2.4 Gel-Assisted Mass Spectrometry Imaging for Sub-Micrometer Effective Resolution

Gel-assisted mass spectrometry imaging (GAMSI) introduces a conceptually different strategy: rather than solely optimizing deposition, it uses a hydrogel to physically "expand" the sample, effectively improving resolution by 3–6× into the sub-micrometer range without instrument modification. This approach can push spatial metabolomics toward single-cell-level mapping by overcoming pixel-limited constraints of hardware. The key tradeoff is that physical expansion inherently dilutes analyte concentration, which can challenge absolute sensitivity even as apparent spatial detail improves. As a result, GAMSI is powerful for resolution-driven applications, while careful attention is required to balance expansion benefits against the sensitivity costs, particularly for low-abundance metabolites.

Figure 3. Gel-assisted mass spectrometry imaging (GAMSI). Image reproduced from Chan et al., 2024, Nature Communications, licensed under the Creative Commons Attribution 4.0 International License (CC BY 4.0).

Collectively, these approaches converge on a shared goal: improving MALDI-MSI performance in spatial metabolomics by strengthening matrix deposition as a controllable and reproducible step. Whether through low-cost aerosol deposition, more standardized sublimation hardware, temperature-regulated crystallization, or sample-expansion strategies, each method addresses practical bottlenecks such as crystal heterogeneity, workflow variability, limited sensitivity, and the complexity of high-resolution imaging preparation.

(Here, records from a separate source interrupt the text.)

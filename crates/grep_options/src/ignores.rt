//! The rules of the `.gitignore` files in the folders that are searched.
use crate::chosen::name_in;
use crate::ignored::is_ignored;
use crate::ignoring::{IgnoreRule, rule_of_line};
use crate::marked::without_mark;
use crate::rules::has_class;
use crate::walk::{Kind, kind_of};
use std::alloc::{AllocError, Global};
use std::{fs, io};

/// The name of a file with rules.
const FILE: &str = ".gitignore";

/// The name of what git has in a folder for itself.
const OWN: &str = ".git";

/// A line says nothing if it has more bytes than this, as many as the path of a file may have. The time and the stack
/// that a glob takes grow with it.
const LONGEST: usize = 4096;

/// The rules of the folders on the way to a path, those of the folder where the search began first.
#[derive(Drop)]
pub struct Ignores {
    rules: Vec<IgnoreRule>,
}

impl Ignores {
    /// Returns no rules.
    pub fn new(alloc: Global) -> Ignores {
        Ignores {
            rules: Vec::new(alloc),
        }
    }

    /// Adds the rules of the file in the folder, if one is there. The search began at `top`.
    pub fn enter(&mut self, rt: &HostRuntime, top: &str, folder: &str) -> io::Result<()> {
        let mut path = String::from_str(rt.alloc(), folder)?;
        path.push('/')?;
        path.push_str(FILE)?;
        // As git does it, a link is not followed.
        if let Ok(Kind::File) = kind_of(rt, path.as_str(), false) {
            let bytes = fs::read(rt, path.as_str())?;
            let text = String::from_utf8_lossy(rt.alloc(), &bytes)?;
            let depth = depth_of(inner(top, folder));
            self.push_lines(rt.alloc(), depth, text.as_str())?;
        }
        Ok(())
    }

    /// Adds the rules that the lines of this text say.
    fn push_lines(&mut self, alloc: Global, depth: usize, text: &str) -> Result<(), AllocError> {
        let text = text.strip_prefix('\u{feff}').unwrap_or(text);
        for line in text.split('\n') {
            self.push_line(alloc, depth, line.strip_suffix('\r').unwrap_or(line))?;
        }
        Ok(())
    }

    /// Adds the rule that this line says. One that is too long, or has a class of characters, says nothing here.
    fn push_line(&mut self, alloc: Global, depth: usize, line: &str) -> Result<(), AllocError> {
        if line.len() > LONGEST || has_class(alloc, line)? {
            return Ok(());
        }
        if let Some(rule) = rule_of_line(alloc, depth, line)? {
            self.rules.push(rule)?;
        }
        Ok(())
    }

    /// Returns whether the path is passed over. The search began at `top`, and no path in a folder comes after the
    /// paths next to that folder.
    pub fn leaves_out(
        &mut self,
        rt: &HostRuntime,
        top: &str,
        path: &str,
    ) -> Result<bool, AllocError> {
        let path = without_mark(path);
        if name_in(path) == OWN {
            return Ok(true);
        }
        let inside = inner(top, path);
        self.leave(depth_of(inside));
        let folder = matches!(kind_of(rt, path, false), Ok(Kind::Folder));
        is_ignored(rt.alloc(), &self.rules, folder, inside)
    }

    /// Drops the rules of folders in which a path with this many names is not.
    fn leave(&mut self, depth: usize) {
        for _ in 0..self.rules.len() {
            match self.rules.last() {
                Some(rule) if rule.depth >= depth => {
                    let _ = self.rules.pop();
                }
                _ => return,
            }
        }
    }
}

/// Returns the path as it is in the folder where the search began.
fn inner<'p>(top: &str, path: &'p str) -> &'p str {
    path.strip_prefix(top)
        .unwrap_or(path)
        .trim_start_matches('/')
}

/// Returns how many names the path in a folder has.
fn depth_of(inside: &str) -> usize {
    if inside.is_empty() {
        0
    } else {
        inside.split('/').count()
    }
}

3. FUTURE TRENDS IN MATRIX SPRAYING FOR SPATIAL METABOLOMICS

As spatial metabolomics continues to mature, matrix spraying optimization is expected to evolve from empirical tuning into more standardized, data-driven process engineering. One promising direction is the development of multifunctional spraying systems that improve ionization efficiency through multi-parameter control, including spray direction, pressure, and temperature, with potential integration of physicochemical enhancements such as electric fields or other coupled mechanisms. Such designs aim to further improve coating uniformity while expanding metabolite coverage and strengthening sensitivity for challenging compound classes.

A second direction is deeper automation and intelligent control. By integrating machine learning or AI-assisted decision logic, next-generation systems could infer optimal spraying conditions based on sample characteristics and automatically adjust deposition parameters in real time. Beyond improving reproducibility, these advances may increase throughput and support larger-scale spatial metabolomics studies where consistent matrix deposition is required across many sections and batches.

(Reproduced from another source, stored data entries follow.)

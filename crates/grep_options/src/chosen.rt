//! Which of the files that arguments name, and of those in folders, are searched.
use crate::command::Arguments;
use crate::options::{Devices, Folders};
use crate::rules::is_left_out;
use crate::walk::{Kind, is_loop, kind_of};
use std::alloc::AllocError;
use std::io;

/// What is done with a path in a folder.
#[derive(Clone, Copy)]
pub enum Step {
    /// The file is searched.
    Search,
    /// The paths in the folder are next.
    Enter,
    /// It is passed over.
    Pass,
    /// It is a link to a folder in which it is.
    Loop,
}

/// Returns whether the file or the folder that this argument names is passed over. Standard input never is, and neither
/// is the folder in which the program runs, if it is searched because no argument names another one.
pub fn is_passed(
    rt: &HostRuntime,
    arguments: &Arguments<'_>,
    name: &str,
) -> Result<bool, AllocError> {
    if name == "-" || arguments.files.is_empty() {
        return Ok(false);
    }
    match kind_of(rt, name, true) {
        Ok(Kind::Folder) if arguments.folders == Folders::Skip => Ok(true),
        Ok(Kind::Folder) => is_left_out(rt.alloc(), &arguments.folder_rules, true, name),
        Ok(Kind::Device) if arguments.devices == Devices::Skip => Ok(true),
        Ok(_) => is_left_out(rt.alloc(), &arguments.file_rules, true, name),
        // The search says why it cannot be read.
        Err(_) => Ok(false),
    }
}

/// Returns what is done with a path in a folder. The search began at `top`.
pub fn step_of(
    rt: &HostRuntime,
    arguments: &Arguments<'_>,
    top: &str,
    path: &str,
) -> io::Result<Step> {
    match kind_of(rt, path, arguments.links) {
        Ok(Kind::Folder) => step_of_folder(rt, arguments, top, path),
        Ok(Kind::Link) => Ok(Step::Pass),
        Ok(Kind::Device) if arguments.devices != Devices::Read => Ok(Step::Pass),
        Ok(_) => step_of_file(rt, arguments, path),
        Err(error) => match step_of_file(rt, arguments, path)? {
            Step::Pass => Ok(Step::Pass),
            _ => Err(error),
        },
    }
}

/// Returns what is done with a folder.
fn step_of_folder(
    rt: &HostRuntime,
    arguments: &Arguments<'_>,
    top: &str,
    path: &str,
) -> io::Result<Step> {
    if is_left_out(rt.alloc(), &arguments.folder_rules, false, name_in(path))? {
        Ok(Step::Pass)
    } else if arguments.links && is_loop(rt, top, path) {
        Ok(Step::Loop)
    } else {
        Ok(Step::Enter)
    }
}

/// Returns what is done with a file.
fn step_of_file(rt: &HostRuntime, arguments: &Arguments<'_>, path: &str) -> io::Result<Step> {
    if is_left_out(rt.alloc(), &arguments.file_rules, false, name_in(path))? {
        Ok(Step::Pass)
    } else {
        Ok(Step::Search)
    }
}

/// Returns the name that ends a path.
pub fn name_in(path: &str) -> &str {
    match path.rsplit_once('/') {
        Some((_, name)) => name,
        None => path,
    }
}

Finally, innovation in matrix chemistry remains central to improving detection sensitivity. New high-sensitivity matrix materials with broader compatibility, lower analyte loss, and improved ionization behavior may reduce suppression effects and strengthen signal-to-noise for low-abundance metabolites. Nanotechnology-inspired matrices are also being explored as a route to improving both MSI sensitivity and spatial performance, potentially enabling more consistent microcrystal formation and better ion yield under diverse tissue contexts. Together, these developments position matrix spraying not merely as a preparative step, but as a strategic lever for expanding the analytical ceiling of spatial metabolomics across biomedical research, drug development, and other high-impact application areas.